Despite these issues, climate-related investment has demonstrated the power that private capital can have in addressing global challenges. Peiner adds: “Private capital has an obligation to strive for more than just good returns. Through our controlling investments we can and must be accountable for driving positive social change. And it is a virtuous circle. By addressing the social needs that the pandemic has exacerbated, we are creating downside protection at minimum and, at best, upside potential for our investors. It is the ultimate win-win.”
‘A false dichotomy’
Although the amount of infrastructure capital raised specifically to further the energy transition far exceeds that raised to tackle social need, the two are inextricably linked.
“We know that environmental degradation is deeply entwined with poverty, health outcomes and opportunity,” says Instar’s Sarah Borg-Olivier.
“We must recognise that climate change is more than an environmental crisis; it’s a social crisis as well. Our ability to achieve net zero and better environmental outcomes is fundamentally tied to improving economic and social equality on multiple levels, including between countries, between affluent and poor populations within a country, and among diverse and marginalised communities.

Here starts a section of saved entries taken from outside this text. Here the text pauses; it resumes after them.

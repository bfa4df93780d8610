//! The rules of diagrams, as a specification: what a state is, how an event moves it, and what chains of states a list of events has.
//! The functions of this crate do nothing: each stands for the theorems that its contract names.
#![tactic(auto)]

pub mod examples;
pub mod laws;
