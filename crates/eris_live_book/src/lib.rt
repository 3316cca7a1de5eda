//! The book of a live run, which its ten nodes take in turn: what each of them did, the frames of
//! what was sent, and which packets were fetched.
//!
//! # What its calls ask
//!
//! `fetch` and `add` ask what every book's do: that the book is legal, `add` also that the entry is
//! a step of its node, and moreover that the fields of the messages it sends are in their ranges,
//! since they are kept as frames. `event` asks for the number of an entry that stands in the book.
#![tactic(auto)]

mod book;
mod fetch;
mod number;
mod place;
mod post;

pub use book::LiveBook;
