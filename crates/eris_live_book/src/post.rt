use eris_event::Event;
use eris_network::Frames;

/// An entry as the book keeps it: what its step sent is kept in frames.
#[derive(Drop)]
pub struct Post {
    /// The number of the node whose entry it is.
    pub node: u32,
    /// The event.
    pub event: Event,
    /// What the node's step sent.
    pub sent: Frames,
}
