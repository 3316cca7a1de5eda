ghost use Rattle.std.specs.Prelude.{◌≡◌, ℕ, Some, Ok, List};
ghost use Rattle.std.specs.List.{flat_map};
ghost use Rattle.eris_base.specs.ConfigLimits.{ConfigValue};
ghost use Rattle.eris_grammar.specs.declared.line.Line.{Line};
ghost use Rattle.eris_grammar.specs.LineForms.{line_of};
ghost use Rattle.eris_grammar.specs.Scripts.{Script, events_of, script};
ghost use Rattle.eris_rules.specs.Good.{Good};
ghost use Rattle.eris_rules.specs.Runs.{run};
ghost use Rattle.eris_rules.specs.Worlds.{WorldState};
ghost use Rattle.eris_law_course.specs.Accepted.{AreEventsFit};
ghost use Rattle.eris_law_undisturbed.specs.Undisturbed.{AreAnswered, IsUndisturbed};
ghost use Rattle.eris_law_script.specs.UndisturbedScripts.{AreUndisturbed, BeginsUndisturbed, IsUndisturbedScript};

/// What is asked of events holds of all that a script says: the events of each line that is read are fit, and those of a whole
/// script. The call does nothing; its contract is the law.
pub fn scripts_are_fit()
    ensures lines { (version : ℕ) (text : List ℕ) (said : Line) → line_of version text ≡ Ok said → AreEventsFit (events_of said) }
    ensures scripts { (bytes : List ℕ) (whole : Script) → script bytes ≡ Ok whole → AreEventsFit whole.events }
{}

/// Whatever the script, the world after its run is good. The call does nothing; its contract is the law.
pub fn every_script_is_good()
    ensures script { (bytes : List ℕ) (whole : Script) (world : WorldState) → script bytes ≡ Ok whole → run whole.config whole.events ≡ Some world → Good world }
{}

/// An undisturbed script answers each transaction that it submits, and so does any script whose first lines are undisturbed. The
/// call does nothing; its contract is the law.
pub fn undisturbed_scripts_answer()
    ensures lines { (config : ConfigValue) (said : List Line) → AreUndisturbed config said → IsUndisturbed config (flat_map events_of said) }
    ensures script { (bytes : List ℕ) (made : Script) (world : WorldState) → IsUndisturbedScript bytes → script bytes ≡ Ok made → run made.config made.events ≡ Some world → AreAnswered world.history world.history }
    ensures script_front { (bytes : List ℕ) (made : Script) (world : WorldState) → (is : BeginsUndisturbed bytes) → script bytes ≡ Ok made → run made.config made.events ≡ Some world → (middle : WorldState) × (run made.config (flat_map events_of is.said) ≡ Some middle) × AreAnswered middle.history world.history }
{}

We need to approach infrastructure from a more integrated perspective with multiple impacts and outcomes – social, environmental and economic – in mind over the short and long term.”
“There is a false dichotomy between environmental and social impact,” agrees PIDG’s Marco Serena. “There are more synergies than trade-offs and there are benefits to bringing the two together.” Serena points to an investment PIDG is working on in Sierra Leone, which aims to provide access to electricity to 13,000 households that have never had it before. “Those off-grid systems need off-takers to improve viability. That includes not only productive off-takers but social off-takers such as schools and clinics,” he explains.

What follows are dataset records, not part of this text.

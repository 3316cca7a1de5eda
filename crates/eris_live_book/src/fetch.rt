/// That a node fetched a packet.
#[derive(Clone, Copy, Debug)]
pub struct Fetch {
    /// The node's number.
    pub node: u32,
    /// The packet's number.
    pub number: u32,
}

Furthermore, there is growing recognition that while the energy transition has the power to improve social outcomes, it also carries social risk that must be mitigated. “There is currently a massive case study in the making in the Just Energy Transition programme announced for South Africa at COP26,” says PIDG’s Philippe Valahu. “You could argue that the energy transition is an environmental play, but moving away from coal in South Africa will have huge social consequences and won’t be possible without a plan of action for those left without a job.”
“Climate change is a vector for social inequality, certainly. At the same time, we need to address climate change in a way that doesn’t trigger additional social issues,” adds Cube’s Aurélien Roelens. “We have seen a clear example of that in France, where environmental regulation impacting the price of fuel sparked a social movement because people do still depend on diesel cars when they are living in rural regions instead of Paris. The two things need to be considered together, which is reflected in the spirit of the EU taxonomy. The environmental taxonomy emphasises the importance of avoiding social harm, while the social taxonomy, when it arrives, will require no harm to the environment.”